The concept of Tax Deducted at Source (TDS) was introduced with an aim to collect tax from the very source of income. As per this concept, a person (deductor) who is liable to make payment of specified nature to any other person (deductee) shall deduct tax at source and remit the same into the account of the Central Government. The deductee from whose income tax has been deducted at source would be entitled to get credit of the amount so deducted on the basis of Form 26AS or TDS certificate issued by the deductor.
Rates for deduct of tax at source Taxes shall be deducted at the rates specified in the relevant provisions of the Act or the First Schedule to the Finance Act. However, in case of payment to non-resident persons, the withholding tax rates specified under the Double Taxation Avoidance Agreements shall also be considered. Usually, every employer deducts Tax Deducted at Source (TDS) from the salary, what is known as the ‘average rate of income tax’ of the employee for the year. It is denoted as the average income tax rate equal to income tax liability (arrived at based on slab rates) divided by the employee’s predictable income for the assessment year.

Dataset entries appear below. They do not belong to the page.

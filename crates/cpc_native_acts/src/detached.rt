//! The arguments of `rt_detach`: a callback and its pointer, and what the function takes that the third one is the code of.
ghost use Rattle.std.specs.Prelude.{◌≡◌, ◌≤◌, List, IfOk, IfSome, OnOk, None, Some, option_map, length, true};
ghost use Rattle.std.specs.List.{All};
ghost use Rattle.std.specs.Result.{result_map_both};
ghost use Rattle.cpc_tree.specs.Erase.{Names, function_of, exprs_of};
ghost use Rattle.cpc_tree.specs.Primitives as P;
ghost use Rattle.cpc_check_rules.specs.Apart.{AreApart};
ghost use Rattle.cpc_store.specs.Seen.{seen, IsLawful};
ghost use Rattle.cpc_meaning.specs.Requests as R;
ghost use Rattle.cpc_eval_values.specs.Meets.{Meets};
ghost use Rattle.cpc_eval_values.specs.Shown.{value_of, values_of, shown};
ghost use Rattle.cpc_eval_index.specs.Indexed.{items_of};
ghost use Rattle.cpc_eval.specs.Around.{context_of, IsToldIn};
ghost use Rattle.cpc_eval.specs.Numbers.{AllNumbers};
ghost use Rattle.cpc_eval.specs.Spots.{AreLawful};
ghost use Rattle.cpc_native_plans.specs.Stops.{MeetsOr, row_shown};
ghost use Rattle.cpc_native_acts.specs.Taken.{is_detached};
ghost use Rattle.cpc_native_plans.specs.Rows.{by_nth, code_in, third_code, detached_with, asked_with};

use crate::fits::are_taken;
use crate::taken::taken_at;
use cpc_base::{Name, Stop};
use cpc_eval::Around;
use cpc_eval_index::Index;
use cpc_eval_values::{Taken, assigned, at_type, taken_as};
use cpc_native_builtins::takes;
use cpc_native_plans::{parameter_at, stopped, values};
use cpc_num::Fault;
use cpc_store::{Scalar, Value};
use cpc_tree::primitive::Primitive;
use cpc_tree::program::{Expr, Function};
use std::alloc::Global;

// The name of the function that a value is the code of.
fn code_in(value: Value) -> Option<Name>
    ensures { result ≡ code_in value }
{
    match value {
        Value::Code(name) => Some(name),
        _ => None,
    }
}

// The name of the function that the third value is the code of.
fn third_code(values: &[Value]) -> Option<Name>
    ensures value { result ≡ third_code values.now }
    ensures third { IfSome result (λ name. 3 ≤ length values.now) }
{
    if values.len() < 3 {
        None
    } else {
        code_in(values[2])
    }
}

// A value as the function of a section takes the argument of a number. The code of the function itself is the first of them,
// then come a pointer that is set, and values that may be unset.
fn section_at(function: &Function, i: usize, value: Value) -> Result<Value, Fault>
    requires { IsLawful (seen value) }
    ensures value { (names : Names) → Meets (shown names result) (by_nth R.taken_as (R.detach_takes (Some (function_of names function.now))) i (value_of names value)) }
    ensures lawful { IfOk result (λ v. IsLawful (seen v)) }
{
    if i == 0 {
        return taken_as(Taken::SetOf(Scalar::Code), value);
    }
    match parameter_at(&function.parameters, i - 1) {
        Some(of) => {
            if i == 1 {
                at_type(of, value)
            } else {
                assigned(of, value)
            }
        }
        None => Err(Fault::Kind),
    }
}

// A value as `rt_detach` takes the argument of a number, where the section is one of this function.
fn detached_at(function: Option<&Function>, i: usize, value: Value) -> Result<Value, Fault>
    requires { IsLawful (seen value) }
    ensures value { (names : Names) → Meets (shown names result) (by_nth R.taken_as (detached_with (option_map (λ f. function_of names f.now) function.entry)) i (value_of names value)) }
    ensures lawful { IfOk result (λ v. IsLawful (seen v)) }
{
    if i < 2 {
        return taken_at(takes(Primitive::RtDetach), i, value);
    }
    match function {
        Some(function) => section_at(function, i - 2, value),
        None => Err(Fault::Kind),
    }
}

// Makes of arguments what `rt_detach` takes, where the section is one of this function.
fn take_by(function: Option<&Function>, values: &mut [Value]) -> Result<(), Fault>
    requires { All (λ v. IsLawful (seen v)) values.old }
    ensures value { (names : Names) → Meets (result_map_both (λ _. values_of names values.new) (λ fault. fault) result) (R.all_taken (detached_with (option_map (λ f. function_of names f.now) function.entry)) (values_of names values.old)) }
    ensures lawful { All (λ v. IsLawful (seen v)) values.new }
{
    for i in 0..values.len() {
        values[i] = detached_at(function, i, values[i])?;
    }
    Ok(())
}

// Whether values are what `rt_detach` is asked with.
fn is_detached(values: &[Value]) -> bool
    ensures { result ≡ is_detached values.now }
{
    match third_code(values) {
        Some(_) => are_taken(takes(Primitive::RtDetach), &values[..2]),
        None => values.is_empty(),
    }
}

// Makes of arguments what `rt_detach` takes. `Kind` where they are no such row, of which no rule says anything.
fn take_detached(index: &Index, values: &mut [Value]) -> Result<(), Fault>
    requires { All (λ v. IsLawful (seen v)) values.old }
    ensures value { (names : Names) → AreApart names → Meets (result_map_both (λ _. values_of names values.new) (λ fault. fault) result) (R.all_taken (R.takes (items_of names index.now) P.RtDetach (values_of names values.old)) (values_of names values.old)) }
    ensures lawful { All (λ v. IsLawful (seen v)) values.new }
    ensures takes { OnOk result (is_detached values.new ≡ true) }
{
    match third_code(values) {
        Some(name) => {
            take_by(index.function(name), values)?;
            if is_detached(values) {
                Ok(())
            } else {
                Err(Fault::Kind)
            }
        }
        None => {
            if values.is_empty() {
                Ok(())
            } else {
                Err(Fault::Kind)
            }
        }
    }
}

/// The values of arguments of `rt_detach`, as it takes them.
///
/// The faults are those of `cpc_eval`, from left to right, and then `Unset` of the first that is to be set.
pub(crate) fn detached<'a>(
    alloc: Global,
    arguments: &'a [Expr],
    around: &Around<'a>,
) -> Result<Vec<Value>, Stop<Fault>>
    requires { AreLawful around.now.slots.now }
    ensures value { (names : Names) → IsToldIn names around.now → AllNumbers (items_of names around.now.index.now) (exprs_of names arguments.now)
        → MeetsOr (row_shown names result) (asked_with (context_of names around.now) P.RtDetach (exprs_of names arguments.now) None) }
    ensures lawful { IfOk result (λ vs. All (λ v. IsLawful (seen v)) vs.items) }
    ensures takes { IfOk result (λ vs. is_detached vs.items ≡ true) }
{
    let mut row = values(alloc, arguments, around)?;
    stopped(take_detached(around.index, &mut row))?;
    Ok(row)
}
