//! The calls upon each other, and how many registers they have.
ghost use Rattle.std.specs.Prelude.{◌≡◌, ◌↔◌, List, [], ◌∷◌, ◌++◌, IsTrue, IfSome, OnOk, OnErr};
ghost use Rattle.std.specs.Option.{IfNone, option_to_list};
ghost use Rattle.std.proofs.Props.{props};
ghost use Rattle.cpc_native_frames.specs.declared.frame.Frame.{Frame};
ghost use Rattle.cpc_native.specs.Counts.{is_register, registers_in, frames_count, slots_count};

use cpc_base::NoMemory;
use cpc_eval::Slot;
use cpc_native_frames::Frame;
use std::alloc::Global;

/// The frames of calls, of which the innermost is the last, with the number of their registers and of all their slots. No
/// step changes how many slots a frame has, so one that was taken can be put back, whatever became of its registers.
#[derive(Drop)]
pub(crate) struct Calls<'p> {
    frames: Vec<Frame<'p>>,
    registers: u64,
    slots: u64,
    ghost counted: { registers ≡ frames_count frames.items } by { Prim.hlevel props },
    ghost sized: { slots ≡ slots_count frames.items } by { Prim.hlevel props },
}

// Whether a slot is a register.
fn is_register(slot: Slot) -> bool
    ensures { result ≡ is_register slot }
{
    match slot {
        Slot::Register(_) => true,
        Slot::Boxed(_) => false,
    }
}

// The number of registers among slots.
fn registers_in(slots: &[Slot]) -> u64
    ensures { result ≡ registers_in slots.now }
{
    slots.iter().filter(|slot| is_register(**slot)).count() as u64
}

impl<'p> Calls<'p> {
    ghost use Rattle.cpc_native.specs.Room.{HasPlace, HasPlaces};

    /// No call.
    pub(crate) fn new(alloc: Global) -> Self
        ensures { result.frames.items ≡ [] }
    {
        Calls {
            frames: Vec::new(alloc),
            registers: 0,
            slots: 0,
        }
    }

    /// Makes room for a frame upon the others. `NoMemory` is want of memory, or of numbers for so many slots.
    pub(crate) fn make_room(&mut self, frame: &Frame<'p>) -> Result<(), NoMemory>
        ensures frames { self.new.frames.items ≡ self.old.frames.items }
        ensures place { OnOk result (HasPlace self.new frame.now) }
    {
        if self.slots.checked_add(frame.slots.len() as u64).is_none() {
            return Err(NoMemory);
        }
        self.frames.reserve(1)?;
        Ok(())
    }

    /// Takes the innermost frame. There is room to put it back.
    pub(crate) fn take(&mut self) -> Option<Frame<'p>>
        ensures rest { self.old.frames.items ≡ self.new.frames.items ++ option_to_list result }
        ensures none { IfNone result (self.old.frames.items ≡ []) }
        ensures place { IfSome result (λ frame. HasPlace self.new frame) }
    {
        let frame = self.frames.pop()?;
        self.registers -= registers_in(&frame.slots);
        self.slots -= frame.slots.len() as u64;
        Some(frame)
    }

    /// Puts a frame upon the others, for which there is room.
    #[tactic(auto, using(crate::proofs::Counting::registers_few, crate::proofs::Counting::counts_few))]
    pub(crate) fn put_back(&mut self, frame: Frame<'p>)
        requires place { HasPlace self.old frame }
        ensures frames { self.new.frames.items ≡ self.old.frames.items ++ frame.entry ∷ [] }
        ensures place { (upper : Frame) → HasPlaces self.old frame.entry upper → HasPlace self.new upper }
    {
        self.registers += registers_in(&frame.slots);
        self.slots += frame.slots.len() as u64;
        self.frames.push_reserved(frame);
    }

    /// Makes room for another frame upon this one. `NoMemory` is want of memory, or of numbers for so many slots.
    pub(crate) fn reserve(&mut self, frame: &Frame<'p>, upper: &Frame<'p>) -> Result<(), NoMemory>
        requires place { HasPlace self.old frame.now }
        ensures frames { self.new.frames.items ≡ self.old.frames.items }
        ensures place { HasPlace self.new frame.now }
        ensures both { OnOk result (HasPlaces self.new frame.now upper.now) }
    {
        let below = self.slots + frame.slots.len() as u64;
        if below.checked_add(upper.slots.len() as u64).is_none() {
            return Err(NoMemory);
        }
        self.frames.reserve(2)?;
        Ok(())
    }

    /// The innermost frame.
    pub(crate) fn last(&self) -> Option<&Frame<'p>>
        ensures some { IfSome result (λ frame. (front : List Frame) × (self.now.frames.items ≡ front ++ frame.now ∷ [])) }
        ensures none { IfNone result (self.now.frames.items ≡ []) }
    {
        self.frames.last()
    }

    /// Drops all frames.
    pub(crate) fn clear(&mut self)
        ensures { self.new.frames.items ≡ [] }
    {
        self.frames.clear();
        self.registers = 0;
        self.slots = 0;
    }

    /// Whether there is no call.
    pub(crate) fn is_empty(&self) -> bool
        ensures { IsTrue result ↔ self.now.frames.items ≡ [] }
    {
        self.frames.is_empty()
    }

    /// How many registers the calls have.
    pub(crate) fn registers(&self) -> u64
        ensures { result ≡ frames_count self.now.frames.items }
    {
        self.registers
    }
}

“Filing TDS returns is mandatory for all the persons who have deducted TDS,” stated Archit Gupta, Founder & CEO of Clear. The TDS return must be filed on a quarterly basis and must include a number of details, including the TAN, the amount of TDS deducted, the type of payment, the deductee’s PAN, etc. Furthermore, depending on the reason for the TDS deduction, distinct forms must be used when submitting returns.” In accordance with Section 206AA of the Income Tax Act,1961 the deductor will deduct TDS at the higher of the rates specified in the applicable Act provisions or 20% if you fail to provide your Permanent Account Number (PAN). TDS is withheld in accordance with Section 192 of the Income Tax Act at the time salary is actually paid, not when salary is accruing.

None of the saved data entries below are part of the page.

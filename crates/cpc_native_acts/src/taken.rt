//! The arguments of what the machine is asked: as primitives and functions of the host take them.
ghost use Rattle.std.specs.Prelude.{◌≡◌, IfOk, OnOk, IfSome, Some, List, map, option_map, slice_get, true};
ghost use Rattle.std.specs.List.{All};
ghost use Rattle.std.specs.Result.{result_map_both};
ghost use Rattle.cpc_tree.specs.Erase.{Names, exprs_of};
ghost use Rattle.cpc_tree.specs.Primitives as P;
ghost use Rattle.cpc_store.specs.Seen.{seen, IsLawful};
ghost use Rattle.cpc_meaning.specs.Act as M;
ghost use Rattle.cpc_meaning.specs.Requests as R;
ghost use Rattle.cpc_eval_values.specs.Meets.{Meets};
ghost use Rattle.cpc_eval_values.specs.Shown.{value_of, values_of, shown};
ghost use Rattle.cpc_eval_values.specs.Takes.{taken_of};
ghost use Rattle.cpc_eval_index.specs.Indexed.{items_of};
ghost use Rattle.cpc_eval.specs.Around.{context_of, IsToldIn};
ghost use Rattle.cpc_eval.specs.Numbers.{AllNumbers};
ghost use Rattle.cpc_eval.specs.Spots.{AreLawful};
ghost use Rattle.cpc_tree.specs.PrimitiveNames.{primitive_of};
ghost use Rattle.cpc_native_plans.specs.Stops.{MeetsOr, row_shown};
ghost use Rattle.cpc_native_acts.specs.Taken.{are_taken, IsByte, IsLong, IsAskedWith};
ghost use Rattle.cpc_native_plans.specs.Rows.{by_nth, taken, longs, asked_with, text_in};

use crate::detached::detached;
use crate::fits::{are_long, are_taken};
use cpc_base::{NoMemory, Stop};
use cpc_eval::Around;
use cpc_eval_values::{Taken, all_long, taken_as};
use cpc_native_builtins::takes;
use cpc_native_plans::{stopped, values};
use cpc_num::{Fault, Kind};
use cpc_store::Value;
use cpc_tree::primitive::Primitive;
use cpc_tree::program::Expr;
use std::alloc::Global;

// How the argument of a number is taken.
fn take_at(takes: &[Taken], i: usize) -> Option<Taken>
    ensures { result ≡ slice_get takes.now i }
{
    takes.get(i).copied()
}

/// A value as the argument of a number is taken.
pub(crate) fn taken_at(takes: &[Taken], i: usize, value: Value) -> Result<Value, Fault>
    requires { IsLawful (seen value) }
    ensures value { (names : Names) (ts : List P.Taken) → map Some takes.now ≡ map taken_of ts → Meets (shown names result) (by_nth R.taken_as ts i (value_of names value)) }
    ensures lawful { IfOk result (λ v. IsLawful (seen v)) }
{
    match take_at(takes, i) {
        Some(taken) => taken_as(taken, value),
        None => Err(Fault::Kind),
    }
}

// Makes of arguments what a primitive takes.
fn take_all(takes: &[Taken], values: &mut [Value]) -> Result<(), Fault>
    requires { All (λ v. IsLawful (seen v)) values.old }
    ensures value { (names : Names) (ts : List P.Taken) → map Some takes.now ≡ map taken_of ts → Meets (result_map_both (λ _. values_of names values.new) (λ fault. fault) result) (R.all_taken ts (values_of names values.old)) }
    ensures lawful { All (λ v. IsLawful (seen v)) values.new }
{
    for i in 0..values.len() {
        values[i] = taken_at(takes, i, values[i])?;
    }
    Ok(())
}

// Makes of arguments what a primitive takes, one for each that it takes. `Kind` where they are no such row, of which no rule
// says anything.
fn take_row(takes: &[Taken], values: &mut [Value]) -> Result<(), Fault>
    requires { All (λ v. IsLawful (seen v)) values.old }
    ensures value { (names : Names) (ts : List P.Taken) → map Some takes.now ≡ map taken_of ts → Meets (result_map_both (λ _. values_of names values.new) (λ fault. fault) result) (R.all_taken ts (values_of names values.old)) }
    ensures lawful { All (λ v. IsLawful (seen v)) values.new }
    ensures takes { OnOk result (are_taken (map Some takes.now) values.new ≡ true) }
{
    take_all(takes, values)?;
    if are_taken(takes, values) {
        Ok(())
    } else {
        Err(Fault::Kind)
    }
}

// The values of arguments as they are taken.
fn taken<'a>(
    alloc: Global,
    takes: &[Taken],
    arguments: &'a [Expr],
    around: &Around<'a>,
) -> Result<Vec<Value>, Stop<Fault>>
    requires { AreLawful around.now.slots.now }
    ensures value { (names : Names) (ts : List P.Taken) → map Some takes.now ≡ map taken_of ts → IsToldIn names around.now → AllNumbers (items_of names around.now.index.now) (exprs_of names arguments.now)
        → MeetsOr (row_shown names result) (taken (context_of names around.now) ts (exprs_of names arguments.now)) }
    ensures lawful { IfOk result (λ vs. All (λ v. IsLawful (seen v)) vs.items) }
    ensures takes { IfOk result (λ vs. are_taken (map Some takes.now) vs.items ≡ true) }
{
    let mut row = values(alloc, arguments, around)?;
    stopped(take_row(takes, &mut row))?;
    Ok(row)
}

// Makes of arguments what a function of the host takes. `Kind` where they are no such row, of which no rule says anything.
fn long_row(values: &mut [Value]) -> Result<(), Fault>
    requires { All (λ v. IsLawful (seen v)) values.old }
    ensures value { (names : Names) → Meets (result_map_both (λ _. values_of names values.new) (λ fault. fault) result) (R.all_long (values_of names values.old)) }
    ensures lawful { All (λ v. IsLawful (seen v)) values.new }
    ensures takes { OnOk result (All IsLong values.new) }
{
    all_long(values)?;
    if are_long(values) {
        Ok(())
    } else {
        Err(Fault::Kind)
    }
}

/// The values of arguments of a function of the host.
///
/// The faults are those of `cpc_eval`, from left to right, and then `Unset` of the first that is not set.
pub(crate) fn longs<'a>(
    alloc: Global,
    arguments: &'a [Expr],
    around: &Around<'a>,
) -> Result<Vec<Value>, Stop<Fault>>
    requires { AreLawful around.now.slots.now }
    ensures value { (names : Names) → IsToldIn names around.now → AllNumbers (items_of names around.now.index.now) (exprs_of names arguments.now)
        → MeetsOr (row_shown names result) (longs (context_of names around.now) (exprs_of names arguments.now)) }
    ensures lawful { IfOk result (λ vs. All (λ v. IsLawful (seen v)) vs.items) }
    ensures takes { IfOk result (λ vs. All IsLong vs.items) }
{
    let mut row = values(alloc, arguments, around)?;
    stopped(long_row(&mut row))?;
    Ok(row)
}

// Bytes, as values of unsigned char.
fn byte_values(alloc: Global, bytes: &[u8]) -> Result<Vec<Value>, NoMemory>
    ensures value { IfOk result (λ vs. (names : Names) → values_of names vs.items ≡ R.byte_values bytes.now) }
    ensures lawful { IfOk result (λ vs. All (λ v. IsLawful (seen v)) vs.items) }
    ensures bytes { IfOk result (λ vs. All IsByte vs.items) }
{
    let mut row = Vec::new(alloc);
    for byte in bytes {
        row.push(Value::Int(Kind::UChar, i128::from(*byte)))?;
    }
    Ok(row)
}

// The bytes of a string that is the one argument.
fn text_in(arguments: &[Expr]) -> Option<&[u8]>
    ensures { (names : Names) → option_map (λ bytes. bytes.now) result ≡ M.puts_text P.Puts (exprs_of names arguments.now) }
{
    if arguments.len() == 1 {
        arguments[0].text()
    } else {
        None
    }
}

// The bytes of the string of `cpc_puts`.
fn puts_text(builtin: Primitive, arguments: &[Expr]) -> Option<&[u8]>
    ensures value { (names : Names) → option_map (λ bytes. bytes.now) result ≡ M.puts_text (primitive_of builtin) (exprs_of names arguments.now) }
    ensures puts { IfSome result (λ bytes. primitive_of builtin ≡ P.Puts) }
{
    match builtin {
        Primitive::Puts => text_in(arguments),
        _ => None,
    }
}

/// What a primitive is asked with.
///
/// The faults are those of `cpc_eval`, from left to right, and then `Unset` of the first that is to be set.
pub(crate) fn asked_with<'a>(
    alloc: Global,
    builtin: Primitive,
    arguments: &'a [Expr],
    around: &Around<'a>,
) -> Result<Vec<Value>, Stop<Fault>>
    requires { AreLawful around.now.slots.now }
    ensures value { (names : Names) → IsToldIn names around.now → AllNumbers (items_of names around.now.index.now) (exprs_of names arguments.now)
        → MeetsOr (row_shown names result) (asked_with (context_of names around.now) (primitive_of builtin) (exprs_of names arguments.now) (M.puts_text (primitive_of builtin) (exprs_of names arguments.now))) }
    ensures lawful { IfOk result (λ vs. All (λ v. IsLawful (seen v)) vs.items) }
    ensures takes { IfOk result (λ vs. IsAskedWith (primitive_of builtin) vs.items) }
{
    match puts_text(builtin, arguments) {
        Some(bytes) => Ok(byte_values(alloc, bytes)?),
        None => match builtin {
            Primitive::RtDetach => detached(alloc, arguments, around),
            _ => taken(alloc, takes(builtin), arguments, around),
        },
    }
}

It indicates that whether your employer pays your wage upfront, on schedule, or in arrears (late payment), tax will be withheld. Calculation of taxable Income of the employee Step 1: First, the employer estimates the employee’s salary for the relevant financial year. This should include basic pay, dearness allowance, perquisites granted by the employer, other allowances granted by the employer like HRA, LTA, meal coupons, etc., EPF contributions, bonus, commissions, gratuity, salary from the previous employer, if any, etc. Step 2: The employer next computes exemptions in accordance with Section 10 of the Income Tax Act.
Allowances such as HRA, uniform costs, travel expenses, and children’s education allowances are all exempt from the rules. Reduce the entertainment allowance, professional tax paid, and the normal deduction of Rs 50,000 as well. Step 3: The net amount is regarded as taxable salary income after the employer deducts such exemption from the gross monthly income. Step 4: If the employee has provided information about other incomes, such as rental income from house property, bank deposits, etc., such amounts should be added to the net taxable salary. Further, the interest paid on housing loans is deducted from the house property income, but if there is no income from the house property, there will be a negative figure under the head’s income from the house property.

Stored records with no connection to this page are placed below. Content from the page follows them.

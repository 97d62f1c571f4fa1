// Runs of the search and of the closed-set check, over hoppers of 3 and 5 and over a dial.
#![tactic(auto)]

ghost use Rattle.std.specs.Prelude.{◌+◌, true, Some, None, if◌then◌else◌, nat_eq, nat_le};

#[cfg(test)]
mod tests {
    use bfs::{Link, Outcome, find_plan};
    use closed::check_closed;
    use fault::Fault;
    use hoppers::{Hoppers, Levels};
    use space::Space;
    use std::alloc::Global;
    use std::test::Fail;

    // A number that no search writes here.
    const UNTOUCHED: u16 = 777;

    // Tables of so many rows and a plan slice of so many places, with the hoppers.
    #[derive(Drop)]
    struct Bench {
        hoppers: Hoppers,
        nodes: Vec<Levels>,
        links: Vec<Link>,
        plan: Vec<u16>,
    }

    impl Bench {
        fn new(heap: Global, wanted: u8, rows: usize, places: usize) -> Result<Bench, Fail> {
            let Ok(hoppers) = Hoppers::new(&[3, 5], &[0, 0], 1, wanted) else {
                return Err(Fail::new("not set up"));
            };
            Ok(Bench {
                hoppers,
                nodes: vec![in heap; Levels::padded(&[9]); rows]?,
                links: vec![in heap; Link::ORIGIN; rows]?,
                plan: vec![in heap; UNTOUCHED; places]?,
            })
        }

        fn search(&mut self) -> Result<Outcome, Fault> {
            find_plan(
                &self.hoppers,
                self.nodes.as_mut_slice(),
                self.links.as_mut_slice(),
                self.plan.as_mut_slice(),
            )
        }

        fn place(&self, i: usize) -> Option<u16> {
            self.plan.get(i).copied()
        }
    }

    // A dial of marks from 0 to its last, which stands at its last and turns to any. That its moves are few rests on the last mark
    // being a u8.
    #[derive(Clone, Copy)]
    struct Dial {
        last: u8,
        wanted: u8,
    }

    impl Space for Dial {
        type Node = u8;

        ghost meaning = { λ s. record { node = λ _. true; start = s.last; count = s.last + 1; target = λ w. nat_eq w s.wanted; next = λ _ k. if nat_le k s.last then Some k else None } };

        fn is_node(&self, _mark: u8) -> bool {
            true
        }

        fn start(&self) -> u8 {
            self.last
        }

        fn count(&self) -> u16 {
            u16::from(self.last) + 1
        }

        fn is_target(&self, mark: u8) -> bool {
            mark == self.wanted
        }

        fn next(&self, _mark: u8, by: u16) -> Option<u8> {
            if by > u16::from(self.last) {
                return None;
            }
            Some(by as u8)
        }

        fn same(&self, a: u8, b: u8) -> bool {
            a == b
        }
    }

    #[test]
    fn four_of_five_in_six_moves(rt: HostRuntime) -> Result<(), Fail> {
        let mut bench = Bench::new(rt.alloc(), 4, 20, 7)?;
        assert_eq!(rt; bench.search(), Ok(Outcome::Plan((6, 14))));
        assert_eq!(rt; bench.place(0), Some(1));
        assert_eq!(rt; bench.place(6), Some(UNTOUCHED));
        let Some(past) = bench.nodes.get(14) else {
            return Err(Fail::new("no row 14"));
        };
        assert_eq!(rt; past.level(0), 9);
        Ok(())
    }

    #[test]
    fn fourteen_rows_are_enough_and_thirteen_too_few(rt: HostRuntime) -> Result<(), Fail> {
        let mut bench = Bench::new(rt.alloc(), 4, 14, 6)?;
        assert_eq!(rt; bench.search(), Ok(Outcome::Plan((6, 14))));
        let mut bench = Bench::new(rt.alloc(), 4, 13, 6)?;
        assert_eq!(rt; bench.search(), Err(Fault::TooFewRows));
        assert_eq!(rt; bench.place(0), Some(UNTOUCHED));
        let mut bench = Bench::new(rt.alloc(), 4, 0, 6)?;
        assert_eq!(rt; bench.search(), Err(Fault::TooFewRows));
        Ok(())
    }

    #[test]
    fn five_places_are_too_few(rt: HostRuntime) -> Result<(), Fail> {
        let mut bench = Bench::new(rt.alloc(), 4, 14, 5)?;
        assert_eq!(rt; bench.search(), Err(Fault::TooFewPlaces));
        assert_eq!(rt; bench.place(0), Some(UNTOUCHED));
        Ok(())
    }

    #[test]
    fn the_rows_of_none_are_a_closed_set(rt: HostRuntime) -> Result<(), Fail> {
        let mut bench = Bench::new(rt.alloc(), 6, 30, 5)?;
        assert_eq!(rt; bench.search(), Ok(Outcome::NoPlan(16)));
        assert_eq!(rt; bench.place(0), Some(UNTOUCHED));
        let rows = bench.nodes.as_slice();
        assert!(rt; rows.len() == 30);
        assert!(rt; check_closed(&bench.hoppers, &rows[0..16]).is_ok());
        let Err(fault) = check_closed(&bench.hoppers, &rows[0..15]) else {
            return Err(Fail::new("accepted without its last row"));
        };
        assert_eq!(rt; fault.number(), 21);
        assert_eq!(rt;
            check_closed(&bench.hoppers, &rows[0..17]),
            Err(Fault::NotNode(16))
        );
        assert_eq!(rt;
            check_closed(&bench.hoppers, &rows[1..16]),
            Err(Fault::NoStart)
        );
        Ok(())
    }

    #[test]
    fn the_lowest_break_is_named(rt: HostRuntime) -> Result<(), Fail> {
        let bench = Bench::new(rt.alloc(), 4, 1, 1)?;
        let hoppers = &bench.hoppers;
        let start = Levels::padded(&[0, 0]);
        let target = Levels::padded(&[0, 4]);
        let full = Levels::padded(&[3, 5]);
        assert_eq!(rt; check_closed(hoppers, &[]), Err(Fault::NoStart));
        assert_eq!(rt; check_closed(hoppers, &[target]), Err(Fault::NoStart));
        assert_eq!(rt;
            check_closed(hoppers, &[start, full, target]),
            Err(Fault::TargetRow(2))
        );
        assert_eq!(rt;
            check_closed(hoppers, &[start, full]),
            Err(Fault::NextMissing(0, 0))
        );
        assert_eq!(rt;
            check_closed(
                hoppers,
                &[start, Levels::padded(&[3, 0]), Levels::padded(&[0, 5])],
            ),
            Err(Fault::NextMissing(1, 1))
        );
        Ok(())
    }

    #[test]
    fn a_dial_turns_to_each_of_its_marks(rt: HostRuntime) -> Result<(), Fail> {
        let dial = Dial { last: 3, wanted: 2 };
        let mut nodes = [9; 5];
        let mut links = [Link::ORIGIN; 5];
        let mut plan = [UNTOUCHED; 2];
        assert_eq!(rt;
            find_plan(&dial, &mut nodes, &mut links, &mut plan),
            Ok(Outcome::Plan((1, 4)))
        );
        assert_eq!(rt; plan, [2, UNTOUCHED]);
        assert_eq!(rt; nodes, [3, 0, 1, 2, 9]);
        Ok(())
    }

    #[test]
    fn a_dial_without_the_wanted_mark_is_closed(rt: HostRuntime) -> Result<(), Fail> {
        let dial = Dial { last: 2, wanted: 3 };
        let mut nodes = [9; 5];
        let mut links = [Link::ORIGIN; 5];
        assert_eq!(rt;
            find_plan(&dial, &mut nodes, &mut links, &mut []),
            Ok(Outcome::NoPlan(3))
        );
        assert_eq!(rt; check_closed(&dial, &nodes[0..3]), Ok(()));
        assert_eq!(rt;
            check_closed(&dial, &nodes[0..2]),
            Err(Fault::NextMissing(0, 1))
        );
        Ok(())
    }
}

After adding or reducing the said amounts, the calculated figure will be the employee’s gross total income. Step 5: Now, the employer reduces the investments for the year, which fall under Chapter VI-A of the Income Tax Act declared by the employees as per the investment declaration submitted. The declaration may include the amounts of investments such as PPF, employee’s provident fund, ELSS mutual funds, NSC, and Sukanya Samridhi account. It may also include income expenditures such as home loan repayment, life insurance premiums, NSC, Sukanya Samridhi account, etc.
The employer may deduct income tax in accordance with the chosen tax regime. Furthermore, the majority of the exclusions and deductions permitted under the previous tax regime are prohibited under the Income Tax Act if the employee has indicated that they would calculate their income tax in accordance with the current tax regime. As a result, the employer will determine the net taxable income under the employee’s selected income tax system.